Time to Complete: 25-30 minutes

Prerequisites: Module 1.1 (Pods), basic understanding of stdout/stderr


After completing this module, you will be able to:

  • Debug application issues by querying container logs with kubectl logs and its filtering options
  • Implement logging patterns that write structured output to stdout/stderr for Kubernetes collection
  • Explain the Kubernetes logging architecture and why containers should log to stdout, not files
  • Configure log access for multi-container pods by specifying the correct container name

Logs are your window into what’s happening inside containers. When something goes wrong, logs are usually the first place you look. Kubernetes doesn’t store logs permanently—it provides access to stdout/stderr from running containers.

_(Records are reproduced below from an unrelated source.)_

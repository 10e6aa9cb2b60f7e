//! Expressions over the columns of a batch, and the row-wise steps `filter`, `with_columns` and `select`.
//!
//! `specs/` defines them row by row: the value of an expression on a row, or a fault if it does not fit 64 bits (Value.antt), the kind of
//! an expression in a schema (Kinds.antt), and the rows that a step leaves before the first row that faults (Steps.antt). The code
//! evaluates them column by column and returns the same values.
//!
//! - [`Expr`], with [`Unary`] and [`Binary`]: expressions. [`eval`] evaluates one on the rows of a batch.
//! - [`RowStep`]: a step. `RowStep::schema` returns the columns that it leaves, or why it is rejected.
//! - [`Front`]: steps one after another. It makes a [`Piece`] of each batch: the rows before the first that faults, and its [`RowFault`].
//! - [`steps_of_joined_streams`]: the law that steps on a stream give the same rows and fault as steps on its parts, joined.
//! - [`value_of_read_columns`] and [`step_on_needed_columns`]: the laws that columns which an expression does not read, or which a step
//!   does not need, have no effect on what it returns.
//!
//! Modules, from the bottom up: `operands` (a borrowed column, an owned one, or a single value), `operations` (the loop over rows),
//! `arithmetic`, `comparison` and `logic` (the operations), `kernels` (each operator on operands of any kind), `expressions` and
//! `evaluation`, `steps` and `application`, `fronts`, `laws`; beside them `followed`, `naming`, `beside` and `misfits`
//! (what ints stand for).
#![tactic(auto)]

mod application;
mod arithmetic;
mod beside;
mod comparison;
mod evaluation;
mod expressions;
mod followed;
mod fronts;
mod kernels;
mod laws;
mod logic;
mod misfits;
mod naming;
mod operands;
mod operations;
mod steps;

pub use beside::Beside;
pub use evaluation::eval;
pub use expressions::{Binary, Expr, Unary};
pub use fronts::{Front, MAX_STEPS, Piece, RowFault};
pub use laws::{
    scale_that_is_read, step_on_needed_columns, steps_of_joined_streams, value_keeps_scale,
    value_of_read_columns,
};
pub use misfits::Misfit;
pub use steps::RowStep;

The CKAD exam tests your ability to:

  • View logs from containers
  • Access logs from previous container instances
  • Handle multi-container pods
  • Filter and search log output

The Flight Recorder Analogy

Container logs are like an airplane’s black box. They record everything the application says (stdout/stderr). When something goes wrong, you retrieve the recording to understand what happened. But unlike a black box, Kubernetes only keeps recent logs—if the “plane” is destroyed and rebuilt, the old recording is gone.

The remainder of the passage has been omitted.